Cutting Social Security and gutting the social safety net
The RSC budget would cut Social Security and devastate programs and services that low-income Americans depend on for food and housing:
- Raises the retirement age for Social Security, a benefit cut for Americans currently in the workforce (p. 109);
- Makes huge cuts to nutrition programs that feed low-income Americans, particularly children, including the Supplemental Nutrition Assistance Program (SNAP), the National School Lunch Program, School Breakfast Program, Child and Adult Care Food Program, Summer Food Service Program, and Special Milk Program (pp. 40-46); and
- Increases housing costs by slashing funding for affordable housing (p.44).
Cutting taxes for the wealthy, by a lot
Most Americans would see draconian cuts if the proposals in the RSC budget were enacted, but the wealthy and large corporations would do extremely well under the budget’s tax proposals:
- Making the Trump tax cuts for individuals permanent, lowering taxes for millionaires and billionaires compared to current law (p. 29). CBO estimates this would cost $1.8 trillion.
- Further cutting taxes for the wealthy by indexing capital gains taxes to inflation (p.31), estimated to cost $100-200 billion over a decade with 86 percent of benefits flowing to the wealthiest 1 percent of households;
- Permanently repealing the estate tax, giving a tax break that would only benefit individuals with net worth over $13.6 million, with a cost that CBO estimates will rise to nearly $50 billion per year by 2031.
- Repealing the Inflation Reduction Act’s corporate alternative minimum tax (CAMT), allowing the largest corporations to effectively pay little or no federal taxes (p. 27). CBO estimates the CAMT will yield $222 billion over the decade following its passage.
- Eliminating IRS funding for increased tax enforcement intended to prevent the wealthy from avoiding paying their fair share of taxes (p. 27). The IRS projects that these investments will yield hundreds of billions of dollars in revenue over the coming decade.

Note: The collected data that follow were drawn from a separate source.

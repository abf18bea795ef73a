//! Frames that are not flushed.
use crate::sending::device;
use mg_screen::{Settings, Values};
use mg_session::{SessionFault, run_keys};
use rga_exchange::Counted;
use rga_tree::TreeStore;
use std::alloc::{AllocError, Global};
use test_fixtures::Narrow;
use test_ports::MemoryPort;

/// Settings of a screen of four rows and forty columns.
fn settings(alloc: Global, trace: bool) -> Result<Option<Settings>, AllocError> {
    Ok(Settings::new(Values {
        name: String::from_str(alloc, "notes")?,
        replica: 1,
        rows: 4,
        columns: 40,
        fill: 70,
        port: None,
        trace,
        live: false,
        changes: false,
        runs: false,
        brief: false,
        strict: false,
        limit: 1000,
    }))
}

/// Whether a session of these settings ends where its screen fails at a flush, and the screen then
/// took so many bytes.
fn ends(alloc: Global, settings: &Settings, taken: usize) -> bool {
    let mut port = MemoryPort::new(alloc);
    let mut keys = Counted::new("abc".as_bytes());
    let mut screen = Counted::new(device(alloc, 1000, 65536, false));
    let answer = run_keys::<TreeStore, &[u8], Narrow, MemoryPort>(
        alloc,
        &mut keys,
        &mut screen,
        &mut port,
        settings,
    );
    answer == Err(SessionFault::Screen) && screen.into_inner().taken.len() == taken
}

/// Whether a session ends so, behind its first frame.
fn ends_with(alloc: Global, trace: bool, taken: usize) -> bool {
    match settings(alloc, trace) {
        Ok(Some(settings)) => ends(alloc, &settings, taken),
        _ => false,
    }
}

#[test]
fn each_frame_is_flushed(rt: HostRuntime) {
    // A frame before the first key has 44 bytes, and each character adds one: the last frame, and
    // the first of those that are traced.
    for (trace, taken) in [(false, 47), (true, 44)] {
        assert!(rt; ends_with(rt.alloc(), trace, taken), "{trace}");
    }
}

Weaken public health, public safety, and environmental protections
The RSC budget proposes cuts that would do deep and lasting harm to public health and safety, in addition to the grievous economic damage felt keenly in red states:
- Eliminates green tax credits from the Inflation Reduction Act (p. 33) and Infrastructure Investment and Jobs Act (pp.169-170), which particularly benefit communities in red states. Also eliminates funding for mass transit (p. 138) and other transportation and infrastructure investments that improve air quality and public health (pp. 138-139);
- Reduces funding for local law enforcement agencies by cutting Community Oriented Policing Services (COPS) funding for American communities (p. 148); and
- Repeals funding for the Bipartisan Safer Communities Act, increasing the risk of death from suicide, homicide, and accidents in American communities (p. 79). Also includes gun deregulation proposals that make it easier for dangerous persons to acquire firearms (p. 79).